Segment Open

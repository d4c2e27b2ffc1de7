// The structs of the C interface about a trace.dat file: an answer is the refusal 0 and the values, or the refusal's number and zeros.
#![tactic(auto)]

ghost use Rattle.std.specs.Prelude.{◌≡◌};
ghost use Rattle.refusals.specs.Number.{number};
ghost use Rattle.fields.specs.Meaning.{answer_of, answer_by};
ghost use Rattle.dat_ranges.specs.Ranges.{stored};
ghost use Rattle.dat_flat.specs.Flat.{flat_part, shown_summary, refused_summary, flat_summary, flat_range};

use dat_read::summary;
use dat_read::summary::Summary;
use refusals::Refusal;

#[repr(C)]
#[derive(Clone, Copy, Debug, PartialEq, Eq)]
pub struct Part {
    pub place: usize,
    pub size: usize,
}

impl From<summary::Part> for Part {
    ghost from_gives = { λ part flat. flat ≡ flat_part part };

    fn from(part: summary::Part) -> Self {
        Part {
            place: part.place,
            size: part.size,
        }
    }
}

#[repr(C)]
#[derive(Clone, Copy, Debug, PartialEq, Eq)]
pub struct DatSummary {
    pub refusal: u8,
    pub order: u8,
    pub long_size: u8,
    pub ending: u8,
    pub page_size: u32,
    pub format_count: u32,
    pub system_count: u32,
    pub cpu_count: u32,
    pub header_page: Part,
    pub header_event: Part,
    pub formats: Part,
    pub systems: Part,
    pub kallsyms: Part,
    pub printk: Part,
    pub processes: Part,
    pub options: Part,
    pub body: Part,
}

// The byte order and the ending are numbered in the order in which the enums have them, as in the header.
impl From<Summary> for DatSummary {
    ghost from_gives = { λ summary flat. flat ≡ shown_summary summary };

    fn from(summary: Summary) -> Self {
        let Summary {
            flags,
            sections,
            texts,
            options,
            ending,
            body,
        } = summary;
        DatSummary {
            refusal: 0,
            order: flags.order as u8,
            long_size: flags.long,
            ending: ending as u8,
            page_size: flags.page,
            format_count: sections.format_count,
            system_count: sections.system_count,
            cpu_count: texts.cpus,
            header_page: Part::from(sections.header_page),
            header_event: Part::from(sections.header_event),
            formats: Part::from(sections.formats),
            systems: Part::from(sections.systems),
            kallsyms: Part::from(texts.kallsyms),
            printk: Part::from(texts.printk),
            processes: Part::from(texts.processes),
            options: Part::from(options),
            body: Part::from(body),
        }
    }
}

impl From<Refusal> for DatSummary {
    ghost from_gives = { λ refusal flat. flat ≡ refused_summary (number refusal) };

    fn from(refusal: Refusal) -> Self {
        let none = Part { place: 0, size: 0 };
        DatSummary {
            refusal: refusal.number(),
            order: 0,
            long_size: 0,
            ending: 0,
            page_size: 0,
            format_count: 0,
            system_count: 0,
            cpu_count: 0,
            header_page: none,
            header_event: none,
            formats: none,
            systems: none,
            kallsyms: none,
            printk: none,
            processes: none,
            options: none,
            body: none,
        }
    }
}

impl From<Result<Summary, Refusal>> for DatSummary {
    ghost from_gives = { λ answer flat. flat ≡ flat_summary (answer_of answer) };

    #[tactic(auto, unfolding(crate::specs::Flat::flat_summary))]
    fn from(answer: Result<Summary, Refusal>) -> Self {
        match answer {
            Ok(summary) => DatSummary::from(summary),
            Err(e) => DatSummary::from(e),
        }
    }
}

#[repr(C)]
#[derive(Clone, Copy, Debug, PartialEq, Eq)]
pub struct CpuRange {
    pub refusal: u8,
    pub offset: u64,
    pub size: u64,
}

impl From<Result<dat_ranges::CpuRange, Refusal>> for CpuRange {
    ghost from_gives = { λ answer flat. flat ≡ flat_range (answer_by stored answer) };

    #[tactic(auto, unfolding(crate::specs::Flat::flat_range))]
    fn from(answer: Result<dat_ranges::CpuRange, Refusal>) -> Self {
        match answer {
            Ok(range) => CpuRange {
                refusal: 0,
                offset: range.offset,
                size: range.size,
            },
            Err(e) => CpuRange {
                refusal: e.number(),
                offset: 0,
                size: 0,
            },
        }
    }
}
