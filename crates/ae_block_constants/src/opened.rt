//! Blocks that were opened.
use ae_core::formulas::Formula;

/// A block whose variables got constants of their own, numbered from the first one on, in the order of the variables.
#[derive(Drop)]
pub struct Opened {
    pub formula: Formula,
    pub first: usize,
}
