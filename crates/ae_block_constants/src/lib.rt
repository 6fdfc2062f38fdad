//! The constants of the blocks that a search opened.
#![tactic(auto)]

pub mod laws;
mod opened;

pub use opened::Opened;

Segment Closed

Please give the number of lines in the entries above that hold "usize", with no other words.

3